I want to replace the text of matched re patterns in a string and can do this using re.sub()
. If I pass it a function as the repl
argument in the call it works as desired, as illustrated below:
from __future__ import print_function
import re
pattern = r'(?P<text>.*?)(?:<(?P<tag>\w+)>(?P<content>.*)</(?P=tag)>|$)'
my_str = "Here's some <first>sample stuff</first> in the " \
"<second>middle</second> of some other text."
def replace(m):
return ''.join(map(lambda v: v if v else '',
map(m.group, ('text', 'content'))))
cleaned = re.sub(pattern, replace, my_str)
print('cleaned: {!r}'.format(cleaned))
Output:
cleaned: "Here's some sample stuff in the middle of some other text."

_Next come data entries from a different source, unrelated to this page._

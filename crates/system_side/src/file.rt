//! What a system file says.

use crate::answer_list::Answers;
use crate::lists::Schedule;
use run_events::Pieces;

/// What the system side of a run is to do: how many steps it may make, how many records a chunk of the log has, which
/// thread is to step when, and what functions without a body answer.
#[derive(Drop)]
pub struct SysFile {
    pub budget: u64,
    pub chunk: u16,
    pub schedule: Schedule,
    pub answers: Answers,
}

/// One answer of the function with this number: its result, a 64-bit two's complement pattern, and the bytes that it
/// writes, one piece for each region. Contracts see the answers of a list as such.
#[derive(Drop)]
pub struct Scripted {
    pub func: u16,
    pub result: u64,
    pub pieces: Pieces,
}
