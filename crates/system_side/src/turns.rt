//! Which thread a step wishes for: a schedule that repeats.

ghost use Rattle.std.specs.Prelude.{◌≡◌, ◌+◌, ◌%◌, ◌^◌, ◌<◌, length, nat_lt, if◌then◌else◌, IfOk};
ghost use Rattle.std.specs.List.{All, HoldsAt};
ghost use Rattle.system_side.specs.Schedule.{wish_at, lasts_from};

use crate::lists::Schedule;
use std::alloc::{AllocError, Global};
use std::marker::Model;

/// The items of a schedule, with the last step of each in the first round; no step is greater than `u64::MAX`.
#[derive(Drop)]
pub struct Turns {
    items: Vec<(u8, u32)>,
    lasts: Vec<u64>,
}

impl Model for Turns {
    ghost use Rattle.std.specs.Prelude.{ℕ, List};
    ghost use Rattle.system_side.specs.Schedule.{IsKept};

    ghost Value = { List (ℕ × ℕ) };

    ghost view = { λ t. t.items.items };

    ghost invariant = { λ t. IsKept t.items.items t.lasts.items };
}

impl Turns {
    /// The turns of a schedule.
    pub fn new(alloc: Global, schedule: &Schedule) -> Result<Turns, AllocError>
        requires some { 0 < length schedule.now }
        requires counts { All (λ item. 0 < item.1) schedule.now }
        ensures { IfOk result (λ turns. turns ≡ schedule.now) }
    {
        let items = schedule.to_vec(alloc)?;
        let lasts = last_steps(alloc, &items)?;
        Ok(Turns { items, lasts })
    }

    /// The thread of a step.
    pub fn wish(&self, step: u64) -> u8
        ensures { result ≡ wish_at self.now step }
    {
        self.items[self.turn(step)].0
    }

    // The place of the item that has the step.
    fn turn(&self, step: u64) -> usize
        ensures inside { result < length self.now }
        ensures item { HoldsAt (λ item. item.0 ≡ wish_at self.now step) self.now result }
    {
        let last = self.lasts[self.lasts.len() - 1];
        let place = place_in_round(last, step);
        self.lasts.partition_point(|last| *last < place)
    }
}

// The place of a step in its round, of which this is the last place; no round ends where that is `u64::MAX`.
fn place_in_round(last: u64, step: u64) -> u64
    ensures { result ≡ (if nat_lt (last + 1) (2 ^ 64) then step % (last + 1) else step) }
{
    match last.checked_add(1) {
        Some(round) => step % round,
        None => step,
    }
}

// The last step of each item in the first round.
fn last_steps(alloc: Global, items: &[(u8, u32)]) -> Result<Vec<u64>, AllocError>
    requires { All (λ item. 0 < item.1) items.now }
    ensures { IfOk result (λ lasts. lasts.items ≡ lasts_from 0 items.now) }
{
    let mut lasts = Vec::new(alloc);
    let mut before: u64 = 0;
    for (_, count) in items {
        lasts.push(before.saturating_add(u64::from(*count - 1)))?;
        before = before.saturating_add(u64::from(*count));
    }
    Ok(lasts)
}
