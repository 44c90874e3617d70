//! The system below the cut: which thread steps next, mutexes, threads, and the answers of a system file.
#![tactic(auto)]

mod answer_list;
mod answers;
mod file;
mod lists;
mod mask;
mod system;
mod threads;
mod turns;

pub use answer_list::{Answer, Answers, AnswersSoFar};
pub use file::{Scripted, SysFile};
pub use lists::Schedule;
pub use system::System;
pub use threads::Wait;
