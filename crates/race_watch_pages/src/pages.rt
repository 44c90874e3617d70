//! Numbers by cell.

ghost use Rattle.std.specs.Prelude.{◌≡◌, ◌+◌, ◌*◌, ◌/◌, ◌%◌, ◌<◌, ◌≤◌, ◌&&◌, ℕ, nat_le, nat_lt, if◌then◌else◌, length, slice_index, IfOk, OnOk, IsTrue, IsFalse, MatchOption};
ghost use Rattle.race_watch_pages.specs.Kept.{kept, size, IsThere, IsSplit, IsReady, StandsAt, StandsInWords, StandsInCells};

use crate::index::{grow, listed};
use crate::part::{
    are_all, are_at_most, are_few, are_few_words, are_few_words_at_most, are_words, fill, fill_two,
    spread,
};
use std::alloc::{AllocError, Global};

/// A page of 256 cells: one number for four in a row, or where each has its own.
#[derive(Drop)]
pub struct WordPage {
    number: u32,
    split: Option<u32>,
    values: [u32; 64],
}

/// The numbers of the 256 cells of a page, one for each.
#[derive(Drop)]
pub struct CellPage {
    number: u32,
    values: [u32; 256],
}

/// Where the numbers of a page stand.
#[derive(Clone, Copy)]
pub enum PageAt {
    Words(u32),
    Cells(u32),
}

/// Numbers by cell. A page that isn't there has zeros.
#[derive(Drop)]
pub struct Pages {
    /// How many pages there may be.
    size: u32,
    /// By page, where it stands if it is there; no number counts where another page stands (Briggs and Torczon 1993). It ends with
    /// the last page that was made, in memory that is reserved for all; past its end it counts as zeros.
    index: Vec<u32>,
    words: Vec<WordPage>,
    cells: Vec<CellPage>,
}
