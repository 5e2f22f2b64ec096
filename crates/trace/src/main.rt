// The records of a trace from the file in which they are typed, a line for each, to standard
// output.
// Promises: it is safe and it ends; what a line says and its record are those of trace_text.
// Specification: none of its own; the laws are those of the crates lines_laws and trace_text_laws,
// what cannot be said of a program's reads and writes stands in docs/EXCEPTIONS.md.
#![tactic(auto)]

use typed::Form;

fn main(rt: HostRuntime) {
    typed::run(&rt, b"trace", Form::Trace);
}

However from the documentation it sounds like I should be able to get the same results by just passing it a replacement string with references to the named groups in it. However my attempt to do that didn't work because sometimes a group is unmatched and the value returned for it is None
(rather than an empty string ''
).
cleaned = re.sub(pattern, r'\g<text>\g<content>', my_str)
print('cleaned: {!r}'.format(cleaned))
Output:
Traceback (most recent call last):
File "test_resub.py", line 21, in <module>
cleaned = re.sub(pattern, r'\g<text>\g<content>', my_str)
File "C:\Python\lib\re.py", line 151, in sub
return _compile(pattern, flags).sub(repl, string, count)
File "C:\Python\lib\re.py", line 278, in filter
return sre_parse.expand_template(template, match)
File "C:\Python\lib\sre_parse.py", line 802, in expand_template
raise error, "unmatched group"
sre_constants.error: unmatched group
What am I doing wrong or not understanding?